The meaning of 9/11's most controversial photo - antr
http://www.guardian.co.uk/commentisfree/2011/sep/02/911-photo-thomas-hoepker-meaning
======
lusr
I'm not so sure I follow the conclusion of this article. The author suggests
we "forget" quickly. What were these people "supposed" to be doing at the
time, and why? What "should" they be doing 10 years later?

When I learned of the 9/11 attacks I remember being surprised at how many
people sat glued in front of TV screens of hours on end. I didn't see the
point and got on with my life: there was nothing I could do, as far as I could
tell, from 12,500km away. Even if I were there, I'm not sure there's much I
could have done other than get out of the way of the emergency crews (possibly
volunteer?).

------
fractallyte
A photo is a snapshot of an instant - and without an immediate 'before' and
'after' context, the moment is open to interpretation.
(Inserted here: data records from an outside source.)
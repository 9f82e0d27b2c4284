//! What stands in quotes, decoded.
ghost use Rattle.std.specs.Prelude.{◌≡◌, ◌+◌, ◌*◌, ◌-◌, ◌%◌, ◌<◌, All, IfOk};
ghost use Rattle.tokens.specs.Finding.{IsByte};
ghost use Rattle.tokens.specs.Meanings.{characters_of, digit_value as value_of, escape_of as escape, pairs_of};

use mk_value::{Bytes as ByteString, Memory};
use std::alloc::Global;

/// The characters that bytes in quotes stand for.
pub(crate) fn characters(alloc: Global, written: &[u8]) -> Result<ByteString, Memory>
    ensures { IfOk result (λ content. content.bytes ≡ characters_of written.now) }
{
    let mut content = ByteString::new(alloc);
    let mut escapes = false;
    for byte in written {
        if escapes {
            content.push(escape_of(*byte))?;
            escapes = false;
        } else if *byte == b'\\' {
            escapes = true;
        } else {
            content.push(*byte)?;
        }
    }
    Ok(content)
}

/// What a byte behind a backslash stands for.
fn escape_of(byte: u8) -> u8
    ensures { result ≡ escape byte }
{
    if byte == b'n' { b'\n' } else { byte }
}

/// The bytes that pairs of digits of base 16 stand for.
pub(crate) fn bytes_of(alloc: Global, digits: &[u8]) -> Result<ByteString, Memory>
    ensures pairs { IfOk result (λ content. content.bytes ≡ pairs_of digits.now) }
    ensures bytes { IfOk result (λ content. All IsByte content.bytes) }
{
    let mut content = ByteString::new(alloc);
    let mut high = None;
    for digit in digits {
        match high {
            Some(first) => {
                content.push(pair_value(first, *digit))?;
                high = None;
            }
            None => high = Some(*digit),
        }
    }
    Ok(content)
}

/// The byte that two digits stand for.
fn pair_value(high: u8, low: u8) -> u8
    ensures { result ≡ (16 * value_of high + value_of low) % 256 }
{
    ((16 * digit_value(high) + digit_value(low)) % 256) as u8
}

/// What a digit of base 16 in lower case stands for.
fn digit_value(digit: u8) -> u16
    ensures value { result ≡ value_of digit }
    ensures small { result < 256 }
{
    if digit < 58 {
        u16::from(digit.saturating_sub(48))
    } else {
        u16::from(digit.saturating_sub(87))
    }
}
Thus it's not an
accurate photographic record of an event, even though the photo itself is
fantastic (in the original sense of the word).

Here's another example: the 'Falling Man'
(<http://en.wikipedia.org/wiki/The_Falling_Man>) - perceived by many as calm,
serene, even graceful... Totally inaccurate: other photos in that sequence
showed him to be in obvious distress.